A Web-Centric Pipeline for Archiving Scholarly Artifacts
 
Focused Crawl of Web Archives to Build Event Collections
Focused Crawl of Web Archives to Build Event CollectionsFocused Crawl of Web Archives to Build Event Collections
Focused Crawl of Web Archives to Build Event Collections
 
Creating Topical Collections: Web Archives vs. Live Web
Creating Topical Collections:Web Archives vs. Live WebCreating Topical Collections:Web Archives vs. Live Web
Creating Topical Collections: Web Archives vs. Live Web
 
Robust Linking to Web Resources
Robust Linking to Web ResourcesRobust Linking to Web Resources
Robust Linking to Web Resources
 
Signposting for Repositories
Signposting for RepositoriesSignposting for Repositories
Signposting for Repositories
 
Discovering Scholarly Orphans Using ORCID
Discovering Scholarly Orphans Using ORCIDDiscovering Scholarly Orphans Using ORCID
Discovering Scholarly Orphans Using ORCID
 
Using the Memento Framework to Assess Content Drift in Scholarly Communication
Using the Memento Framework to Assess Content Drift in Scholarly CommunicationUsing the Memento Framework to Assess Content Drift in Scholarly Communication
Using the Memento Framework to Assess Content Drift in Scholarly Communication
 

Recently uploaded

科罗拉多大学波尔得分校毕业证学位证成绩单-可办理
科罗拉多大学波尔得分校毕业证学位证成绩单-可办理科罗拉多大学波尔得分校毕业证学位证成绩单-可办理
科罗拉多大学波尔得分校毕业证学位证成绩单-可办理e4aez8ss
 
NO1 Certified Black Magic Specialist Expert Amil baba in Lahore Islamabad Raw...

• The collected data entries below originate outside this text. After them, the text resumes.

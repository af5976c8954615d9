//! The tail of a block, behind its entries:
//!
//! ```text
//! restart offset ..   each a fixed32: the offset of an entry that shares nothing; the first is 0, and they rise
//! count               fixed32: how many there are
//! ```
ghost use Rattle.std.specs.Prelude.{◌≡◌, ℕ, ◌+◌, ◌*◌, ◌<◌, ◌≤◌, ◌^◌, List, ◌++◌, length, IfNone, IfSome, OnOk, Some, None};
ghost use Rattle.std.specs.List.{flat_map};
ghost use Rattle.st_code.specs.Fixed.{fixed32};
ghost use Rattle.st_block.specs.Block.{are_restarts, offsets_at, tail_of};
ghost use Rattle.st_block.specs.Written.{or_zero, with_tail};

use st_base::Bytes;
use st_code::{fixed32_in, push_fixed32};
use std::alloc::AllocError;

/// Where the entries of a block end, and how many restart offsets follow them.
#[derive(Clone, Copy)]
pub(crate) struct Tail {
    pub(crate) end: usize,
    pub(crate) count: usize,
}

// Whether the offsets at the offset begin with 0 and rise.
fn are_restarts(text: &[u8], at: usize, count: usize) -> bool
    requires { at + 4 * count ≤ length text.now }
    ensures { result ≡ are_restarts (offsets_at text.now at count) }
{
    if count == 0 {
        return false;
    }
    let mut last = fixed32_in(text, at);
    if last != 0 {
        return false;
    }
    for index in 1..count {
        let offset = fixed32_in(text, at + 4 * index);
        if offset <= last {
            return false;
        }
        last = offset;
    }
    true
}

/// The tail of a block, or none where it is too short, or the restarts don't begin with 0 or don't rise.
#[tactic(auto, unfolding(crate::specs::Block::tail_of))]
pub(crate) fn tail_of(text: &[u8]) -> Option<Tail>
    ensures found { IfSome result
        (λ tail. (tail_of text.now
        ≡ Some (record { end = tail.end; restarts = offsets_at text.now tail.end tail.count }))
        × (tail.end + 4 * tail.count + 4 ≡ length text.now)) }
    ensures none { IfNone result (tail_of text.now ≡ None) }
{
    if text.len() < 4 {
        return None;
    }
    let count = fixed32_in(text, text.len() - 4) as usize;
    let behind = 4 * count + 4;
    if text.len() < behind {
        return None;
    }
    let end = text.len() - behind;
    if !are_restarts(text, end, count) {
        return None;
    }
    Some(Tail { end, count })
}

// Appends each offset, in four bytes.
fn push_offsets(out: &mut Bytes, offsets: &[u32]) -> Result<(), AllocError>
    ensures { OnOk result (out.new ≡ out.old ++ flat_map fixed32 offsets.now) }
{
    for offset in offsets {
        push_fixed32(out, *offset)?;
    }
    Ok(())
}

// Appends the restart offsets and their count; a block without entries has the one restart 0.
pub(crate) fn put_tail(out: &mut Bytes, restarts: &[u32]) -> Result<(), AllocError>
    requires { length restarts.now < 2 ^ 32 }
    ensures { OnOk result (out.new ≡ with_tail out.old (or_zero restarts.now)) }
{
    if restarts.is_empty() {
        push_offsets(out, &[0])?;
        return push_fixed32(out, 1);
    }
    push_offsets(out, restarts)?;
    push_fixed32(out, restarts.len() as u32)
}

// How many bytes so many restart offsets and their count have.
pub(crate) fn tail_size(restarts: usize) -> usize
    requires { restarts ≤ 2 ^ 33 }
    ensures size { (entries offsets : List ℕ) → length offsets ≡ restarts
        → length entries + result ≡ length (with_tail entries (or_zero offsets)) }
    ensures within { result ≤ 2 ^ 36 }
{
    4 * restarts.max(1) + 4
}
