//! An internal key is what an entry of a table has for a key in its block:
//!
//! ```text
//! key      the entry's key
//! packed   fixed64: the sequence number times 256, plus the kind, which is 0 for a tombstone and 1 for a value
//! ```
//!
//! Internal keys rise by key, as byte strings, and at one key by the packed number downwards. So the newest entry of a key
//! comes first.
ghost use Rattle.std.specs.Prelude.{◌≡◌, ◌-◌, ◌<◌, ◌^◌, length, IfOk};
ghost use Rattle.st_base.specs.Rows.{entry_of, mark_of};
ghost use Rattle.st_block.specs.InternalKey.{entry_under, internal_cmp, internal_key, is_key_before, is_kind, kind_of, kind_under, mark_under, number_of, packed, user_key, value_under};

use crate::keys::word_at;
use st_base::{Bytes, EntryRef, MarkRef};
use st_code::{push_fixed64, read_fixed64};
use std::alloc::AllocError;
use std::cmp::Ordering;

/// How many bytes an internal key has after its key.
pub const PACKED_BYTES: usize = 8;

/// How many kinds there may be: by so much a sequence number is multiplied before the kind is added.
pub const KINDS: u64 = 256;

/// The kind of a tombstone.
pub const TOMBSTONE_KIND: u64 = 0;

/// The kind of a value.
pub const VALUE_KIND: u64 = 1;

/// The key of an internal key.
pub fn user_key(internal: &[u8]) -> &[u8]
    ensures { result.now ≡ user_key internal.now }
{
    &internal[..internal.len().saturating_sub(PACKED_BYTES)]
}

// The packed number that stands in fewer than 8 bytes.
fn packed_short(internal: &[u8]) -> u64
    requires { length internal.now < PACKED_BYTES }
    ensures { result ≡ packed internal.now }
{
    word_at(internal, 0, internal, 0)
}

/// The number of an internal key: its sequence number times 256, plus its kind.
pub fn packed(internal: &[u8]) -> u64
    ensures { result ≡ packed internal.now }
{
    let from = internal.len().saturating_sub(PACKED_BYTES);
    match read_fixed64(internal, from) {
        Some(number) => number,
        None => packed_short(internal),
    }
}

/// The sequence number and the kind of an internal key.
pub fn unpacked(internal: &[u8]) -> (u64, u64)
    ensures number { result.0 ≡ number_of internal.now }
    ensures kind { result.1 ≡ kind_of internal.now }
{
    let packed = packed(internal);
    (packed / KINDS, packed % KINDS)
}

/// How two internal keys compare: by key upwards, and at one key by the packed number downwards.
pub fn internal_cmp(one: &[u8], other: &[u8]) -> Ordering
    ensures { result ≡ internal_cmp one.now other.now }
{
    user_key(one)
        .cmp(user_key(other))
        .then(packed(other).cmp(&packed(one)))
}

// Whether the internal key comes before the key and the number.
pub(crate) fn is_key_before(internal: &[u8], key: &[u8], number: u64) -> bool
    ensures { result ≡ is_key_before key.now number internal.now }
{
    match user_key(internal).cmp(key) {
        Ordering::Less => true,
        Ordering::Equal => number < packed(internal) / KINDS,
        Ordering::Greater => false,
    }
}

/// Whether an entry may have this kind with this value: it is a value, or a tombstone, whose value is empty.
pub fn is_kind(kind: u64, value: &[u8]) -> bool
    ensures { result ≡ is_kind kind value.now }
{
    kind == VALUE_KIND || kind == TOMBSTONE_KIND && value.len() == 0
}

// The mark of an entry of this kind.
fn mark_under(kind: u64, value: &[u8]) -> MarkRef<'_>
    ensures { mark_of result ≡ mark_under kind value.now }
{
    if kind == TOMBSTONE_KIND {
        MarkRef::Gone
    } else {
        MarkRef::Put(value)
    }
}

/// The entry that an internal key and a value are.
pub fn entry_under<'a>(internal: &'a [u8], value: &'a [u8]) -> EntryRef<'a>
    ensures { entry_of result ≡ entry_under internal.now value.now }
{
    let (number, kind) = unpacked(internal);
    EntryRef {
        key: user_key(internal),
        number,
        mark: mark_under(kind, value),
    }
}

// The kind of an entry with this mark.
fn kind_under(mark: MarkRef<'_>) -> u64
    ensures { result ≡ kind_under (mark_of mark.entry) }
{
    match mark {
        MarkRef::Put(_value) => VALUE_KIND,
        MarkRef::Gone => TOMBSTONE_KIND,
    }
}

/// The value that an entry with this mark has in its block.
pub fn value_under(mark: MarkRef<'_>) -> &[u8]
    ensures { result.now ≡ value_under (mark_of mark.entry) }
{
    match mark {
        MarkRef::Put(value) => value,
        MarkRef::Gone => &[],
    }
}

/// The internal key of the entry, in the room of these bytes.
pub fn internal_key_in(room: Bytes, entry: EntryRef<'_>) -> Result<Bytes, AllocError>
    requires { entry.number < 2 ^ 56 }
    ensures { IfOk result (λ bytes. bytes ≡ internal_key (entry_of entry.entry)) }
{
    let mut bytes = room;
    bytes.truncate(0);
    bytes.extend_from_slice(entry.key)?;
    push_fixed64(&mut bytes, entry.number * KINDS + kind_under(entry.mark))?;
    Ok(bytes)
}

NO1 Certified Black Magic Specialist Expert Amil baba in Lahore Islamabad Raw...NO1 Certified Black Magic Specialist Expert Amil baba in Lahore Islamabad Raw...
NO1 Certified Black Magic Specialist Expert Amil baba in Lahore Islamabad Raw...Amil Baba Dawood bangali
 
Building on a FAIRly Strong Foundation to Connect Academic Research to Transl...
Building on a FAIRly Strong Foundation to Connect Academic Research to Transl...Building on a FAIRly Strong Foundation to Connect Academic Research to Transl...
Building on a FAIRly Strong Foundation to Connect Academic Research to Transl...Jack DiGiovanna
 
毕业文凭制作#回国入职#diploma#degree澳洲中央昆士兰大学毕业证成绩单pdf电子版制作修改#毕业文凭制作#回国入职#diploma#degree
毕业文凭制作#回国入职#diploma#degree澳洲中央昆士兰大学毕业证成绩单pdf电子版制作修改#毕业文凭制作#回国入职#diploma#degree毕业文凭制作#回国入职#diploma#degree澳洲中央昆士兰大学毕业证成绩单pdf电子版制作修改#毕业文凭制作#回国入职#diploma#degree
毕业文凭制作#回国入职#diploma#degree澳洲中央昆士兰大学毕业证成绩单pdf电子版制作修改#毕业文凭制作#回国入职#diploma#degreeyuu sss
 
Consent & Privacy Signals on Google *Pixels* - MeasureCamp Amsterdam 2024
Consent & Privacy Signals on Google *Pixels* - MeasureCamp Amsterdam 2024Consent & Privacy Signals on Google *Pixels* - MeasureCamp Amsterdam 2024
Consent & Privacy Signals on Google *Pixels* - MeasureCamp Amsterdam 2024thyngster
 
Data Factory in Microsoft Fabric (MsBIP #82)
Data Factory in Microsoft Fabric (MsBIP #82)Data Factory in Microsoft Fabric (MsBIP #82)
Data Factory in Microsoft Fabric (MsBIP #82)Cathrine Wilhelmsen
 
20240419 - Measurecamp Amsterdam - SAM.pdf
20240419 - Measurecamp Amsterdam - SAM.pdf20240419 - Measurecamp Amsterdam - SAM.pdf
20240419 - Measurecamp Amsterdam - SAM.pdfHuman37
 
Semantic Shed - Squashing and Squeezing.pptx
Semantic Shed - Squashing and Squeezing.pptxSemantic Shed - Squashing and Squeezing.pptx
Semantic Shed - Squashing and Squeezing.pptxMike Bennett
 
Generative AI for Social Good at Open Data Science East 2024
Generative AI for Social Good at Open Data Science East 2024Generative AI for Social Good at Open Data Science East 2024
Generative AI for Social Good at Open Data Science East 2024Colleen Farrelly
 
Learn How Data Science Changes Our World
Learn How Data Science Changes Our WorldLearn How Data Science Changes Our World
Learn How Data Science Changes Our WorldEduminds Learning
 
NLP Data Science Project Presentation:Predicting Heart Disease with NLP Data ...
NLP Data Science Project Presentation:Predicting Heart Disease with NLP Data ...NLP Data Science Project Presentation:Predicting Heart Disease with NLP Data ...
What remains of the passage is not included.